# Question on rat weight



## curlycue (May 22, 2007)

In order to tell what a rat weighs do you have to take them to a vet? Or is their a scale that can be used? So far my babies are doing great. Knock on wood. The one that I thought delivered wasn't the one that deliver and for the most part she leaves the babies/mum alone. Except for when the mum takes a drink or a small break than they watch the nest.


----------



## lilspaz68 (Feb 24, 2007)

I weigh my rats fairly regularly with a small digital postal scale. I have heard you can use a digital food scale as well if you have one.


----------



## Forensic (Apr 12, 2007)

I have a small kitchen scale that I use. It was cheaper than a postal scale, weighs in pounds and grams, and can tare, so I can put a bowl/plate on the scale, tare it, and then put the rattie in the bowl, etc.


----------



## curlycue (May 22, 2007)

thank you for replying.
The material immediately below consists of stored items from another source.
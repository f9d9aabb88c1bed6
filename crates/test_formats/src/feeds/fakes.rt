//! A reader and a writer over memory, one call of which fails.
ghost use Rattle.std.specs.Prelude.{Some};

use std::io;
use std::io::{ErrorKind, Read, Write};

/// A reader of known bytes, in pieces of at most `step`, whose call number `bad` is interrupted.
#[derive(Drop)]
pub struct FakeReader<'a> {
    rest: &'a [u8],
    step: usize,
    bad: u64,
    calls: u64,
}

impl<'a> FakeReader<'a> {
    /// If `bad` is 0, no call fails.
    pub fn new(rest: &'a [u8], step: usize, bad: u64) -> FakeReader<'a> {
        FakeReader {
            rest,
            step,
            bad,
            calls: 0,
        }
    }

    /// How often it was called.
    pub fn calls(&self) -> u64 {
        self.calls
    }
}

impl Read for FakeReader<'_> {
    ghost remaining = { λ r. Some r.rest.now };

    fn read(&mut self, buf: &mut [u8]) -> io::Result<usize> {
        self.calls = self.calls.saturating_add(1);
        if self.calls == self.bad {
            return Err(io::Error::from(ErrorKind::Interrupted));
        }
        let n = self.rest.len().min(buf.len()).min(self.step.max(1));
        buf[..n].copy_from_slice(&self.rest[..n]);
        self.rest = &self.rest[n..];
        Ok(n)
    }
}

/// A writer to memory, in pieces of at most `step`, whose call number `bad` fails.
#[derive(Drop)]
pub struct FakeWriter {
    written: Vec<u8>,
    step: usize,
    bad: u64,
    calls: u64,
    flushes: u64,
    flushed: usize,
}

impl FakeWriter {
    /// If `bad` is 0, no call fails.
    pub fn new(written: Vec<u8>, step: usize, bad: u64) -> FakeWriter {
        FakeWriter {
            written,
            step,
            bad,
            calls: 0,
            flushes: 0,
            flushed: 0,
        }
    }

    /// What was written so far.
    pub fn written(&self) -> &[u8] {
        self.written.as_slice()
    }

    /// How often it was called.
    pub fn calls(&self) -> u64 {
        self.calls
    }

    /// How often it was flushed, and how many bytes were written before the last time.
    pub fn flushes(&self) -> (u64, usize) {
        (self.flushes, self.flushed)
    }
}

impl Write for FakeWriter {
    ghost contents = { λ w. Some w.written.items };

    fn write(&mut self, buf: &[u8]) -> io::Result<usize> {
        self.calls = self.calls.saturating_add(1);
        if self.calls == self.bad {
            return Err(io::Error::from(ErrorKind::Other));
        }
        let n = buf.len().min(self.step);
        self.written.extend_from_slice(&buf[..n])?;
        Ok(n)
    }

    fn flush(&mut self) -> io::Result<()> {
        self.flushes = self.flushes.saturating_add(1);
        self.flushed = self.written.len();
        Ok(())
    }
}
Where can I get a kitchen scale or postal scale at?


----------



## ladylady (Apr 5, 2007)

ebay


----------



## reachthestars (Feb 27, 2007)

Or Walmart. Or nutrition stores . They're not hard to find and they're cheap to buy. I'd go nuts if I didn't have mine!


----------



## curlycue (May 22, 2007)

Thank you for your replies I believe I will get within the next couple of day's so that I can keep track on how much my babies weigh/mommy rat too.


----------